TASK TO COMPLETE: Using the entries below, output each line exactly from the first through the one that contains "impl Model for".

Saved entries:
((
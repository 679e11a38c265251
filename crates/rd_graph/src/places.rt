//! The places of the names of a level.
ghost use Rattle.std.specs.Prelude.{◌≡◌, IfOk};
ghost use Rattle.rd_graph.specs.Names.{place_of, same_entry};
ghost use Rattle.rd_graph.specs.Orders.{Once};

use crate::tables::{find, places};
use indexmap::IndexMap;
use rd_keys::EntryKey;
use std::alloc::{AllocError, Global};
use std::marker::Model;

/// Names that differ, each with its place.
#[derive(Drop)]
pub struct Places {
    names: Vec<EntryKey>,
    table: IndexMap<EntryKey, usize>,
}

impl Model for Places {
    ghost use Rattle.std.specs.Prelude.{◌≡◌, List};
    ghost use Rattle.rd_keys.specs.declared.entry.EntryKey.{EntryKey};
    ghost use Rattle.rd_graph.specs.Internal.Tables.{at};
    ghost use Rattle.rd_graph.specs.Names.{place_of, same_entry};

    ghost Value = { List EntryKey };

    ghost view = { λ p. p.names.items };

    ghost invariant = { λ p. (k : EntryKey) → at p.table k ≡ place_of same_entry p.names.items k };
}

impl Places {
    /// The places of these names.
    pub fn new(alloc: Global, names: Vec<EntryKey>) -> Result<Places, AllocError>
        requires { Once names.items }
        ensures { IfOk result (λ p. p ≡ names.items) }
    {
        let table = places(alloc, &names, 0)?;
        Ok(Places { names, table })
    }

    /// The place of a name. None exactly where it is not one of them.
    pub fn find(&self, name: EntryKey) -> Option<usize>
        ensures { result ≡ place_of same_entry self.now name }
    {
        find(&self.table, name).copied()
    }
}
))
RESPONSE BOX:
repository 679e11a38c265251
filename crates/rd_graph/src/places.rt
//! The places of the names of a level.
ghost use Rattle.std.specs.Prelude.{◌≡◌, IfOk};
ghost use Rattle.rd_graph.specs.Names.{place_of, same_entry};
ghost use Rattle.rd_graph.specs.Orders.{Once};

use crate::tables::{find, places};
use indexmap::IndexMap;
use rd_keys::EntryKey;
use std::alloc::{AllocError, Global};
use std::marker::Model;

/// Names that differ, each with its place.
#[derive(Drop)]
pub struct Places {
    names: Vec<EntryKey>,
    table: IndexMap<EntryKey, usize>,
}

impl Model for Places {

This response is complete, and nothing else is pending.